Part 1. Reasons People Need to Extract Data from Picture

Extracting data from pictures has become essential for saving time and improving accuracy in everyday tasks. Instead of manually typing information, users can quickly turn images into structured, editable data. Mentioned below are some of the reasons why people prefer this approach:

  • Document Management: Extracting data from pictures allows users, such as office managers, to digitize contracts, reports, and forms quickly. This reduces manual typing and ensures accurate storage in databases or spreadsheets.
  • Table and Spreadsheet Capture: Professionals often take screenshots of financial tables or schedules. It converts these images into editable formats for analysis without re-entering numbers.
  • Scanned Records: Archivists and administrators deal with scanned paper records regularly. By extracting data, they can organize historical information efficiently for retrieval and reporting.
  • Business Card Digitization: Sales teams and networkers receive stacks of business cards.
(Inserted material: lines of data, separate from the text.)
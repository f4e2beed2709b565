//! What a client answers to the requests that a port writes into its message buffer.

use crate::bytes_of;
use crate::turns::{OK, answering, write};
use anyhow::{Context, Result, bail};
use base::Sequence;
use ns_ram::Lane;
use smc_abi::Regs;
use smc_port::{ListedPort, Turn, World};
use std::alloc::Global;
use teec::Client;

/// An RPC return that asks for a command.
const COMMAND: u32 = 0xffff_0005;

/// The bytes of a message.
const MESSAGE_BYTES: usize = 128;

/// Writes this message, and asks for what stands in the buffer of this cookie. Behind the message stands the name of a file.
fn asking(alloc: Global, message: &[u8; MESSAGE_BYTES], cookie: u32) -> Result<Turn> {
    let mut writes = Vec::new(alloc);
    writes.push(write(alloc, 0x4001_0000, message)?)?;
    writes.push(write(alloc, 0x4001_0200, b"a")?)?;
    Ok(Turn {
        answer: Regs {
            a: [COMMAND, 0, cookie, 7, 0, 0, 0, 0],
        },
        writes: Sequence::of(writes),
    })
}

/// The result in the message, after a close whose first answer asks for what stands in the buffer of this cookie.
fn result_of(alloc: Global, message: &[u8; MESSAGE_BYTES], cookie: u32) -> Result<[u8; 4]> {
    let mut turns = Vec::new(alloc);
    turns.push(asking(alloc, message, cookie)?)?;
    turns.push(answering(alloc, OK))?;
    let port = ListedPort::new(alloc, Lane::new(alloc)?, turns);
    let mut client = Client::new(alloc, port, 1, 1);
    let _closed = client.close(alloc, 1);
    let mut ret = [0; 4];
    client.world().peek(0x4001_0014, &mut ret);
    Ok(ret)
}

/// The bytes of a message, zeros behind those that are given.
fn message_of(alloc: Global, digits: &str) -> Result<[u8; MESSAGE_BYTES]> {
    let bytes = bytes_of(alloc, digits)?;
    if bytes.len() > MESSAGE_BYTES {
        bail!("a message is too long");
    }
    let mut message = [0; MESSAGE_BYTES];
    for (to, from) in message.iter_mut().zip(bytes.as_slice()) {
        *to = *from;
    }
    Ok(message)
}

/// The result in a message, as `message COOKIE DIGITS` has it.
pub(crate) fn told(alloc: Global, row: &str) -> Result<String> {
    let (cookie, digits) = row.split_once(' ').context("reading a message")?;
    let message = message_of(alloc, digits)?;
    let ret = result_of(alloc, &message, crate::number(cookie)?)?;
    hex::encode(alloc, &ret).context("telling a result")
}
Extracting data helps store contact details directly into CRM systems without errors.
  • Receipt and Invoice Tracking: Accountants and small business owners capture receipts and invoices for bookkeeping. Data extraction simplifies expense tracking and financial record-keeping automatically.
reasons people need data extraction

Why Images Often Become the Only Available Data Source

In many situations, images are the only record of information. Receipts, handwritten notes, whiteboard content, or screenshots of online data are often not available in editable formats. Businesses and individuals rely on photos to preserve critical details when original files are lost or never existed digitally. Extracting data from the picture ensures that this information can be organized, analyzed, and reused efficiently without manual transcription.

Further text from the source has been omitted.